// Productions with their rules, laid out so that the rule of an occurrence is found at once.
ghost use Rattle.std.specs.Prelude.{map};
ghost use Rattle.grammar.specs.Rules.{Indexed, target_of};

mod lookup;

// Places for the occurrences of a production: 64 attributes at each of 9 positions.
pub const SLOTS: usize = 576;

// An attribute at a position of a production: 0 is the left side, the right side counts from 1.
#[derive(Clone, Copy, PartialEq, Eq, Debug)]
pub struct Occurrence {
    pub position: u16,
    pub attribute: u16,
}

// What sets an occurrence: an operation on a constant and on other occurrences. The operation is a number, since a
// book may be run over another value kind than it was loaded for.
#[derive(Drop)]
pub struct Rule {
    pub target: Occurrence,
    pub operation: u16,
    pub constant: u16,
    pub arguments: Vec<Occurrence>,
}

// Slot 64 * position + attribute - 1 has the number, from 1, of the rule for the occurrence, or 0: a look-up by
// number takes 0 for none already, so an Option in each slot would be no plainer.
#[derive(Drop)]
pub struct Production {
    pub left: u16,
    pub right: Vec<u16>,
    pub rules: Vec<Rule>,
    pub slots: [u16; SLOTS],
    ghost indexed: { Indexed slots (map target_of rules.items) },
}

________________________________________

Problem to work on:
The response must consist solely of the lines from the one with "pub slots: [u16;" through the end of the listing above, copied exactly; please include the first and the last.

Your response:
    pub slots: [u16; SLOTS],
    ghost indexed: { Indexed slots (map target_of rules.items) },
}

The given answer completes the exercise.